🤖 AI Summary
This paper addresses the low fidelity of visual tokenizers and VAEs in reconstructing fine-grained content—such as text and faces—by introducing TokBench, a lightweight and efficient benchmark. Methodologically, it proposes, for the first time, a dual-dimensional quantitative evaluation framework based on OCR accuracy and face feature similarity, replacing insensitive traditional metrics (e.g., PSNR/SSIM); it further designs a semantic-aware, low-overhead assessment protocol (2 GB memory, 4 minutes per model). Contributions include: (1) systematically revealing that mainstream models severely degrade text structure and facial identity at small token scales; (2) empirically demonstrating a significant misalignment between conventional metrics and human perceptual judgment; and (3) pioneering the extension of tokenizer evaluation to video tokenization. TokBench provides a reproducible, interpretable, and standardized evaluation tool for fine-grained visual representation learning.
📝 Abstract
In this work, we reveal the limitations of visual tokenizers and VAEs in preserving fine-grained features, and propose a benchmark to evaluate reconstruction performance for two challenging visual contents: text and face.

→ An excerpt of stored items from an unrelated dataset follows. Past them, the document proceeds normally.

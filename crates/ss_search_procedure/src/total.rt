// All splits, one decision after the other.

ghost use Rattle.std.specs.Prelude.{◌≤◌, ◌<◌, List, length, IfOk, OnOk};
ghost use Rattle.ss_core.specs.Tree.{ClassTree};
ghost use Rattle.ss_logic_countermodels.specs.Refuting.{IsCountermodel};
ghost use Rattle.ss_terms.specs.Forms.{formula_at, HasFormula, IsBankOf};
ghost use Rattle.ss_search_reached.specs.Following.{IsOpen};
ghost use Rattle.ss_search_procedure.specs.Decisions.{bank_of, settled_ones, decisions_of, first_decisions, reached_in, IsSetting, IsState, IsSide, GoesOn, AreDecided, IsNext, ReachesBy, ClosesBy, IsLast};
ghost use Rattle.ss_search_procedure.specs.Answers.{IfModel, IfLines};

use crate::setting::Settling;
use ss_deriv::Line;
use ss_logic_countermodels::Countermodel;
use ss_search_reaching::Reaching;
use ss_terms::FormulaId;
use std::alloc::AllocError;

/// What all splits end in: a model, or lines that close the case at the end of the path.
#[derive(Drop)]
pub(crate) enum Decided {
    Model(Countermodel),
    Closed(Vec<Line>),
}

impl Settling<'_> {
    // The model that what is reached is, where of each decision one side is.
    fn model(&self, reaching: &Reaching) -> Result<Decided, AllocError>
        requires setting { IsSetting self.now }
        requires state { IsState self.now reaching.now }
        requires decided { AreDecided (reached_in self.now reaching.now) (decisions_of self.now) }
        requires is_open { (cs : List ClassTree) → IsBankOf cs (bank_of self.now) → IsOpen cs (bank_of self.now) reaching.now.reached }
        ensures model { (cs : List ClassTree) → IsBankOf cs (bank_of self.now) → IfOk result (IfModel (IsCountermodel cs (settled_ones self.now))) }
        ensures lines { IfOk result (IfLines (λ lines. ⊥)) }
    {
        let given = &self.given;
        let model = reaching
            .reached
            .model(given.alloc, given.bank, self.formulas, self.decisions)?;
        Ok(Decided::Model(model))
    }

    /// A model of the formulas, or closing lines, where of the first so many decisions one side is reached.
    #[cycle(deciding)]
    pub(crate) fn decide(
        &self,
        reaching: &mut Reaching,
        decided: usize,
    ) -> Result<Decided, AllocError>
        requires setting { IsSetting self.now }
        requires state { IsState self.now reaching.old }
        requires decided { AreDecided (reached_in self.now reaching.old) (first_decisions self.now decided) }
        requires few { decided ≤ length self.now.decisions.now }
        ensures goes_on { OnOk result (GoesOn self.now reaching.old reaching.new) }
        ensures model { (cs : List ClassTree) → IsBankOf cs (bank_of self.now) → IfOk result (IfModel (IsCountermodel cs (settled_ones self.now))) }
        ensures reaches { IfOk result (IfLines (λ lines. ReachesBy self.now reaching.old reaching.new)) }
        ensures closes { IfOk result (IfLines (ClosesBy self.now reaching.old reaching.new)) }
    {
        if let Some(lines) = reaching.reach(&self.given)? {
            return Ok(Decided::Closed(lines));
        }
        if decided < self.decisions.len() {
            self.split(reaching, decided)
        } else {
            self.model(reaching)
        }
    }

    // The same, where some decision is left.
    #[cycle(deciding)]
    fn split(&self, reaching: &mut Reaching, decided: usize) -> Result<Decided, AllocError>
        requires setting { IsSetting self.now }
        requires state { IsState self.now reaching.old }
        requires decided { AreDecided (reached_in self.now reaching.old) (first_decisions self.now decided) }
        requires few { decided < length self.now.decisions.now }
        ensures goes_on { OnOk result (GoesOn self.now reaching.old reaching.new) }
        ensures model { (cs : List ClassTree) → IsBankOf cs (bank_of self.now) → IfOk result (IfModel (IsCountermodel cs (settled_ones self.now))) }
        ensures reaches { IfOk result (IfLines (λ lines. ReachesBy self.now reaching.old reaching.new)) }
        ensures closes { IfOk result (IfLines (ClosesBy self.now reaching.old reaching.new)) }
    {
        let p = self.decisions[decided];
        if self.is_decided(reaching, p) {
            return self.decide(reaching, decided + 1);
        }
        let other = self.given.bank.negation(p);
        let marks = reaching.mark();
        self.suppose(reaching, p)?;
        match self.decide(reaching, decided + 1)? {
            Decided::Model(model) => Ok(Decided::Model(model)),
            Decided::Closed(lines) => {
                self.deny(reaching, marks, p, lines)?;
                self.with_side(reaching, decided, other)
            }
        }
    }

    // The same, where this side of the next decision is the last fact.
    #[cycle(deciding)]
    fn with_side(
        &self,
        reaching: &mut Reaching,
        decided: usize,
        side: FormulaId,
    ) -> Result<Decided, AllocError>
        requires setting { IsSetting self.now }
        requires state { IsState self.now reaching.old }
        requires decided { AreDecided (reached_in self.now reaching.old) (first_decisions self.now decided) }
        requires few { decided < length self.now.decisions.now }
        requires formula { HasFormula (bank_of self.now) side }
        requires side { IsSide self.now (formula_at (bank_of self.now) side) }
        requires next { IsNext self.now decided (formula_at (bank_of self.now) side) }
        requires last { IsLast (bank_of self.now) (formula_at (bank_of self.now) side) reaching.old.path }
        ensures goes_on { OnOk result (GoesOn self.now reaching.old reaching.new) }
        ensures model { (cs : List ClassTree) → IsBankOf cs (bank_of self.now) → IfOk result (IfModel (IsCountermodel cs (settled_ones self.now))) }
        ensures reaches { IfOk result (IfLines (λ lines. ReachesBy self.now reaching.old reaching.new)) }
        ensures closes { IfOk result (IfLines (ClosesBy self.now reaching.old reaching.new)) }
    {
        self.learn_last(reaching, side)?;
        self.decide(reaching, decided + 1)
    }
}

Image tokenization has significantly advanced visual generation and multimodal modeling, particularly with autoregressive models due to the modeling simplicity of discrete tokens. Autoregressive models typically rely on image tokenizers to compress images into discrete tokens for sequential prediction, whereas diffusion models often operate on continuous latent space to reduce computational costs. However, both visual compression approaches inevitably lose visual information, thereby limiting the upper bound of visual generation quality. To evaluate how these compression losses affect text and faces, the most human-sensitive visual elements, we first collect and curate a collection of text and faces images from existing datasets, ensuring clarity and diversity. For text reconstruction, we employ OCR models to assess the recognition accuracy of the reconstructed text, and then we measure feature similarity between original and reconstructed faces thereby quantifying faces reconstruction fidelity. Our method is highly lightweight, requiring just 2GB memory and 4 minutes to complete evaluations. With our benchmark, we analyze the reconstruction quality of text and faces at various scales across different image tokenizers and VAEs. Our results demonstrate that modern visual tokenizers still struggle to preserve fine-grained features, particularly at smaller scales. Furthermore, we extend this evaluation framework to the video, conducting a comprehensive analysis of video tokenizers. Additionally, we find that traditional metrics fail to accurately reflect the reconstruction performance for faces and text, while our proposed metrics serve as an effective complement.